Se há temáticas que, por causa da pandemia, vão marcando a atualidade de forma evidente e incontornável são as da saúde e do apoio social. Numa altura em que, mais do que nunca desde a chegada da covid-19, se põe em questão a resistência dos serviços de saúde, o programa de conferências Retomar Portugal – organizado pelo BPI, JN e TSF, em parceria com a Sage – faz o ponto da situação, já na próxima quinta-feira.

PREOCUPANTE

Filipe Froes, pneumologista e coordenador do gabinete de crise covid-19 da Ordem dos Médicos, confirmou o cenário de alarme vivido nas unidades de cuidados intensivos dos hospitais: “É uma situação preocupante. Neste momento, já estamos numa fase de necessidade contínua por parte de doentes críticos e a nossa capacidade de aumentar a resposta é muito reduzida”. No seu entender, as medidas entretanto tomadas com a entrada em vigor do novo estado de emergência são “insuficientes e tardias”. O pneumologista afastou, contudo, a necessidade de um novo confinamento nacional, mas defendeu ser necessária “uma maior antecipação e adaptação local das medidas, o que poderia passar por confinamentos concelhios”. Apesar da conjuntura atribulada, Filipe Froes referiu que o anúncio de vacinas, como a da Pfizer, é já uma luz ao fundo do túnel e que Portugal até poderá dispor de uma no início do próximo ano: “Não acredito que sejamos dos primeiros países a receber uma vacina, mas estaremos no segundo contingente e espero que ela esteja disponível no decurso do primeiro trimestre de 2021”. Em paralelo com a crise sanitária, assiste-se a um agravamento dos problemas sociais. Eugénio Fonseca, presidente da Cáritas Portuguesa, explica que a pandemia veio agudizar a situação dos que já eram desfavorecidos e de outros, até aqui, menos afetados: “Este país já estava marcado por mais de dois milhões de pobres e agora há mais pessoas que ficaram sem rendimentos”. Em geral, aqueles que têm recorrido à Cáritas pedem ajuda para bens essenciais, “como alimentação, eletricidade, luz ou gás, o que para nós é inédito”, acrescentou.

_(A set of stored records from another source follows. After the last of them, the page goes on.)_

//! A diagnosis: a fault with its line, and how to mend it.

ghost use Rattle.std.specs.Prelude.{◌≡◌};
ghost use Rattle.exit_status.specs.declared.ends.ProgramEnding.TheVariants.{Refused};

use crate::contexts::Context;
use crate::hints::{find, tell_first_line};
use crate::places::Place;
use crate::texts::Text;
use exit_status::{ProgramEnding, SourceName, report, report_fault};
use schedule_lines::bytes::ReplayFault;
use schedule_lines::{Fault, FaultKind, Front, front_of};
use std::alloc::{AllocError, Global};
use std::io::Write;

/// A fault of a schedule or a race, and what was read of it.
#[derive(Clone, Copy)]
pub struct Faulty<'a> {
    /// Its file; standard input, if none is named.
    pub file: Option<&'a str>,
    pub fault: ReplayFault,
    pub context: Context,
    /// What was read from the faulty line on.
    pub rest: &'a [u8],
}

/// A fault at a known place of a line, and how to mend it.
#[derive(Clone, Copy)]
pub struct Marked<'a> {
    /// Its file; standard input, if none is named.
    pub file: Option<&'a str>,
    /// The number of the line, from 1.
    pub number: u32,
    pub line: &'a [u8],
    /// How many bytes of the line stand before what is at fault, and how many that has.
    pub before: usize,
    pub length: usize,
    pub error: &'a str,
    pub help: &'a str,
}

impl Marked<'_> {
    /// Returns its text, in the same form as `diagnosis`.
    ///
    /// # Errors
    ///
    /// `AllocError` if there was no memory for it.
    pub fn told(self, alloc: Global) -> Result<String, AllocError> {
        let behind = self.line.get(self.before..).unwrap_or(b"");
        let place = Place {
            part: behind.get(..self.length).unwrap_or(behind),
            column: self.before.saturating_add(1),
        };
        let mut text = Text::new(alloc);
        put_source(&mut text, self.file, self.number, Some(place));
        text.put(self.error);
        put_line(&mut text, self.line, place);
        text.put("\nhelp: ");
        text.put(self.help);
        text.ended()
    }
}

/// Tells a fault with its line, and how to mend it; the fault alone if there is no memory for more.
pub fn tell_faulty<E: Write>(alloc: Global, faulty: Faulty<'_>, errors: &mut E) -> ProgramEnding
    ensures { result ≡ Refused }
{
    match diagnosis(alloc, faulty) {
        Ok(text) => report(text.as_str(), errors),
        Err(AllocError) => report_fault(faulty.fault, faulty.file, errors),
    }
}

/// Returns the text of a fault: `FILE:LINE:COLUMN: error: TEXT`, and on lines of their own the faulty line, a caret under what is at fault, and how to
/// mend it. The last of them has no newline.
///
/// # Errors
///
/// `AllocError` if there was no memory for it.
pub fn diagnosis(alloc: Global, faulty: Faulty<'_>) -> Result<String, AllocError> {
    let mut help = Text::new(alloc);
    let line = line_of(faulty);
    let place = match line {
        Some(line) => Some(find(&mut help, faulty.fault.kind, line, faulty.context)),
        None => {
            tell_no_line(&mut help, faulty.fault.kind);
            None
        }
    };
    let help = help.ended()?;
    let mut text = Text::new(alloc);
    put_head(&mut text, faulty, place);
    if let (Some(line), Some(place)) = (line, place) {
        put_line(&mut text, line, place);
    }
    if !help.is_empty() {
        text.put("\nhelp: ");
        text.put(help.as_str());
    }
    text.ended()
}

/// Returns the faulty line, if there is one that can be shown.
fn line_of<'a>(faulty: Faulty<'a>) -> Option<&'a [u8]> {
    match faulty.fault.kind {
        FaultKind::Schedule(
            Fault::TooManyLines | Fault::LineTooLong | Fault::ReadFailed | Fault::WriteFailed,
        ) => None,
        FaultKind::Schedule(Fault::CutOff) => Some(faulty.rest),
        FaultKind::Schedule(Fault::Refused(_)) if !matches!(faulty.context, Context::Opening) => {
            None
        }
        _ => match front_of(faulty.rest) {
            Front::Line(length) => Some(&faulty.rest[..length]),
            _ => None,
        },
    }
}

/// Tells how to mend a fault that no line shows.
fn tell_no_line(help: &mut Text, fault: FaultKind) {
    match fault {
        FaultKind::Schedule(Fault::TooManyLines) => help.put(
            "a schedule has at most 1048576 lines",
        ),
        FaultKind::Schedule(Fault::LineTooLong) => help.put(
            "a line has at most 256 bytes before its newline",
        ),
        FaultKind::Schedule(Fault::ConfigExpected) => tell_first_line(help),
        FaultKind::RaceExpected => help.put(
            "a race has a line 'race', and behind it what each task calls; 'mntgate replay' plays a schedule",
        ),
        _ => {}
    }
}

/// Puts the place of a fault.
fn put_source(text: &mut Text, file: Option<&str>, line: u32, place: Option<Place<'_>>) {
    text.put(SourceName(file));
    text.put(":");
    text.put(line);
    if let Some(place) = place {
        text.put(":");
        text.put(place.column);
    }
    text.put(": error: ");
}

/// Puts the place of a fault and its text.
fn put_head(text: &mut Text, faulty: Faulty<'_>, place: Option<Place<'_>>) {
    put_source(text, faulty.file, faulty.fault.line, place);
    text.put(faulty.fault.kind);
    if let Some(place) = place
        && is_of_word(faulty.fault.kind)
        && is_word(place.part)
    {
        text.put(" '");
        text.bytes(place.part);
        text.put("'");
    }
}

/// Whether a fault is that of one word, which is printed with it.
fn is_of_word(fault: FaultKind) -> bool {
    matches!(
        fault,
        FaultKind::Schedule(
            Fault::UnknownCommand | Fault::NoSuchTask | Fault::BadNumber | Fault::BadWord
        )
    )
}

/// Whether a part of a line is a word that can be shown as it is.
fn is_word(part: &[u8]) -> bool {
    !part.is_empty() && part.iter().all(|byte| byte.is_ascii_graphic())
}

/// Puts a line, and a caret under a part of it.
fn put_line(text: &mut Text, line: &[u8], place: Place<'_>) {
    text.put("\n  ");
    text.bytes(line);
    text.put("\n  ");
    let before = line.get(..place.column.saturating_sub(1)).unwrap_or(line);
    text.repeated(' ', width_of(before));
    text.put("^");
    text.repeated('~', width_of(place.part).saturating_sub(1));
}

/// Returns how many characters show these bytes.
fn width_of(bytes: &[u8]) -> usize {
    let mut width: usize = 0;
    for byte in bytes {
        let more = match *byte {
            b'\t' | b'\r' => 2,
            b' ' => 1,
            graphic if graphic.is_ascii_graphic() => 1,
            _ => 4,
        };
        width = width.saturating_add(more);
    }
    width
}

Para Eugénio Fonseca, a segunda vaga deste coronavírus irá causar danos ainda maiores e a vários níveis. Por isso mesmo, o presidente da Cáritas Portuguesa acredita que é preciso encontrar uma harmonia entre economia e saúde pública: “Deve conseguir-se um equilíbrio entre cuidados de saúde e uma economia a funcionar no essencial porque, sem postos de trabalho, não há crescimento económico, mas sim o recrudescimento de problemas emotivos”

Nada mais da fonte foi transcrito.